_Exercise brief_
Whenever a line below includes the string "IfSome", show it.

[Information Boundary: Start]

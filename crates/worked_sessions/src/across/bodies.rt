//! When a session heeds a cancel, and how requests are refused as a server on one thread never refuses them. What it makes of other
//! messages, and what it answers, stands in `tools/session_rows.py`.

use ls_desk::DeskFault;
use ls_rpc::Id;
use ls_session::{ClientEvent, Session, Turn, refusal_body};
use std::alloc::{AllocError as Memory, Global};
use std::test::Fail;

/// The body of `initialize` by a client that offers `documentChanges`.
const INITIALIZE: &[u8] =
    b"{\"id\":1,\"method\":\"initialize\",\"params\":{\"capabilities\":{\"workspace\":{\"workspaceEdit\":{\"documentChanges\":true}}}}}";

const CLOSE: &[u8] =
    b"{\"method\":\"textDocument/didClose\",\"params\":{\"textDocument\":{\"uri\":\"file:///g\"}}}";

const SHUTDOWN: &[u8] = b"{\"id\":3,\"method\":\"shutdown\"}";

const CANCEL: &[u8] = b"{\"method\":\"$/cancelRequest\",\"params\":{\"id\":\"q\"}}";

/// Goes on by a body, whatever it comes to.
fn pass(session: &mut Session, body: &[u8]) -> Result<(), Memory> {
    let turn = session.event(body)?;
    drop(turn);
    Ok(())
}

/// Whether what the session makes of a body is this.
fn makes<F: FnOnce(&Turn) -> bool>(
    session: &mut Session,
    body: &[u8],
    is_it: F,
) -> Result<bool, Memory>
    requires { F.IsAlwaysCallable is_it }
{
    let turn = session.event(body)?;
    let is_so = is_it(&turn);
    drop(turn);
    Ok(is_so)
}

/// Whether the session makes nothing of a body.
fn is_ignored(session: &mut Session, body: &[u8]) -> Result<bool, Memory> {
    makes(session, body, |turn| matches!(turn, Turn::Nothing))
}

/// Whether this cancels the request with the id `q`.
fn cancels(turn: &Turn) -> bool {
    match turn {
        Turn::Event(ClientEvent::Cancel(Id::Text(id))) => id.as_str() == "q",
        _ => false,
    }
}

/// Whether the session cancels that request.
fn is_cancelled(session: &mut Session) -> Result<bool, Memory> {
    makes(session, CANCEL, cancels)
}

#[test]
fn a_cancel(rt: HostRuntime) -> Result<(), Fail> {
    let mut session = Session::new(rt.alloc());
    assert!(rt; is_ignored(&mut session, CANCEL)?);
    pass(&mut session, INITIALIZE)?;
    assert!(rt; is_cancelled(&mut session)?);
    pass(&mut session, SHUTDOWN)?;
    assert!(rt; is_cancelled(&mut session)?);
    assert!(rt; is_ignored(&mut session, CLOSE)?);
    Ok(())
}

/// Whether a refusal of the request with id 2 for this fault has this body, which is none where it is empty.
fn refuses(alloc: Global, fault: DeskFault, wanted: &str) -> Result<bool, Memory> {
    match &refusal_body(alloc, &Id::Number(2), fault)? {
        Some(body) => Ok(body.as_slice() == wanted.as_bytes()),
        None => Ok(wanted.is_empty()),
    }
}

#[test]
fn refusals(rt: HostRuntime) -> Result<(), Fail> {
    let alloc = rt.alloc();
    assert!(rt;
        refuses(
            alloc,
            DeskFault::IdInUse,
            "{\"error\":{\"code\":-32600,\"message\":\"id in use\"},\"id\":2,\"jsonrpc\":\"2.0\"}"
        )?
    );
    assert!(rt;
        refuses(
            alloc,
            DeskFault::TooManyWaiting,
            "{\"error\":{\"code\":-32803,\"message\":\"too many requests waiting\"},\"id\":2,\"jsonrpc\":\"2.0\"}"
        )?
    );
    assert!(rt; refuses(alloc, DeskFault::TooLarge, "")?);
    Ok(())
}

[Information Boundary: End]
[Information Boundary: Start]

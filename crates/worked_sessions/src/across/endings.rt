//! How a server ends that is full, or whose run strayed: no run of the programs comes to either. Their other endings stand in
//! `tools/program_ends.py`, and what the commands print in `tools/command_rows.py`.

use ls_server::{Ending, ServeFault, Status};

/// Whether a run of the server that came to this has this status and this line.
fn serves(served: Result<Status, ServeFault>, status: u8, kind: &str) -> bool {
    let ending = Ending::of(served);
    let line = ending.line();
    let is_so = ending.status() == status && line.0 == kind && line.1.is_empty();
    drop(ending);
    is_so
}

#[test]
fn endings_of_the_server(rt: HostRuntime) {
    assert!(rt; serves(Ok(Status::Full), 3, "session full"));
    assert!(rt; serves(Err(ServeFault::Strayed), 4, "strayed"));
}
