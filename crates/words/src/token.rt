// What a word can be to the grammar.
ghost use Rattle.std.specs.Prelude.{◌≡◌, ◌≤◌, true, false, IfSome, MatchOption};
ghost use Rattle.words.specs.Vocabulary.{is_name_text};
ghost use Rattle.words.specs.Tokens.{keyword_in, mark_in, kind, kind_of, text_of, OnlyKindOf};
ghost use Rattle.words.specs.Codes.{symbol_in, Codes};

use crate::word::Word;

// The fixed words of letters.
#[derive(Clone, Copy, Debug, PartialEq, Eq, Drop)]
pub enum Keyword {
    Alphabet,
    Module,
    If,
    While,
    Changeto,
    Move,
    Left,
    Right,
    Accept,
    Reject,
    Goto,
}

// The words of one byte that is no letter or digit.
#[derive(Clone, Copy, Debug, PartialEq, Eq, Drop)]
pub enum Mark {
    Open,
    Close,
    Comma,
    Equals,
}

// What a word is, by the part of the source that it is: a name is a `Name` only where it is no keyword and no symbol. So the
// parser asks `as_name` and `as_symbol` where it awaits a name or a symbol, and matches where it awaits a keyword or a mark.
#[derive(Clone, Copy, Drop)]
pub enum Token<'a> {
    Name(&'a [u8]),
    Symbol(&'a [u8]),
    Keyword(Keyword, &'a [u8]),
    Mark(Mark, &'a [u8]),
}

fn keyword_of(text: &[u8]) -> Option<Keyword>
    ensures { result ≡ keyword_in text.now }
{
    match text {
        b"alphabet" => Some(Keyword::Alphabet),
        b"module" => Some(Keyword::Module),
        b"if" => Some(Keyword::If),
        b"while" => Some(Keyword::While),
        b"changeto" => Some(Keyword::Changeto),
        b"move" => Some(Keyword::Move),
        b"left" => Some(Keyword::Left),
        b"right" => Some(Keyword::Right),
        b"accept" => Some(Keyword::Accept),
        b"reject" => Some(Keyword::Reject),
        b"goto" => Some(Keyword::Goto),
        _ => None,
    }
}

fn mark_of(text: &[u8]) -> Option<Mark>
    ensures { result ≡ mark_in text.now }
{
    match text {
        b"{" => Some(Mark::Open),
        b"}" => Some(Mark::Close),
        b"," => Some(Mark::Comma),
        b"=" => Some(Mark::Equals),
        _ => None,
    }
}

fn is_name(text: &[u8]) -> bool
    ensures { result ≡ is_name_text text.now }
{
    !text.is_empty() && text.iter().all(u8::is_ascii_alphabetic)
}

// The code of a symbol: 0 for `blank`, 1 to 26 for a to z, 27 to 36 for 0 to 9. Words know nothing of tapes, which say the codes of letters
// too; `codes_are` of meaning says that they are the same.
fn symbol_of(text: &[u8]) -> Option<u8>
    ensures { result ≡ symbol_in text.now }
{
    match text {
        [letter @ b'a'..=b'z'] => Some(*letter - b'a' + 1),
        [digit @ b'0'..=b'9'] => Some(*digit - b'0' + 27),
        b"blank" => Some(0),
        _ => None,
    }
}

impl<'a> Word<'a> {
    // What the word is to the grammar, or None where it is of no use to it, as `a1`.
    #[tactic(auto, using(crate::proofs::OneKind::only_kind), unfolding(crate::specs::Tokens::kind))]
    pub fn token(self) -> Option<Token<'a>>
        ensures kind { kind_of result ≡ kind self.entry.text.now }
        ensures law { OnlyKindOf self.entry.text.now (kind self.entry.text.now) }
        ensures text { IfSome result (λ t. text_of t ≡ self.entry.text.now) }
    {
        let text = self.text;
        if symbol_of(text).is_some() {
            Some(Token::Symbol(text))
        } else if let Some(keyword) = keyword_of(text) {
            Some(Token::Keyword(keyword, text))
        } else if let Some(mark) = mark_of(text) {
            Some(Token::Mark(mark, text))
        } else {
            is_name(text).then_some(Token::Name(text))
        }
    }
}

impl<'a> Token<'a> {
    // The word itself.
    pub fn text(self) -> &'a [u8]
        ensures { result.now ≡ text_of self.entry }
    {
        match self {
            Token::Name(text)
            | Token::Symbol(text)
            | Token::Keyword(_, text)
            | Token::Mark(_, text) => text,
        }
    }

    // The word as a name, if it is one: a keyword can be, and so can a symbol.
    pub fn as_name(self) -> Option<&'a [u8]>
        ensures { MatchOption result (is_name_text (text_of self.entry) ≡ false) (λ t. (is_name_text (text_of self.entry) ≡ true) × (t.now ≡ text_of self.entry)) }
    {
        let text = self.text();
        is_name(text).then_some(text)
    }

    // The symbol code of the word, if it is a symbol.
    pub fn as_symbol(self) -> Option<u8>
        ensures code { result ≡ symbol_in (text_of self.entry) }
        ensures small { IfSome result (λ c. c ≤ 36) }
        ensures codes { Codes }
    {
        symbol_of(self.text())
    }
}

[Information Boundary: End]

_Output of the exercise_
ghost use Rattle.std.specs.Prelude.{◌≡◌, ◌≤◌, true, false, IfSome, MatchOption};
        ensures text { IfSome result (λ t. text_of t ≡ self.entry.text.now) }
        ensures small { IfSome result (λ c. c ≤ 36) }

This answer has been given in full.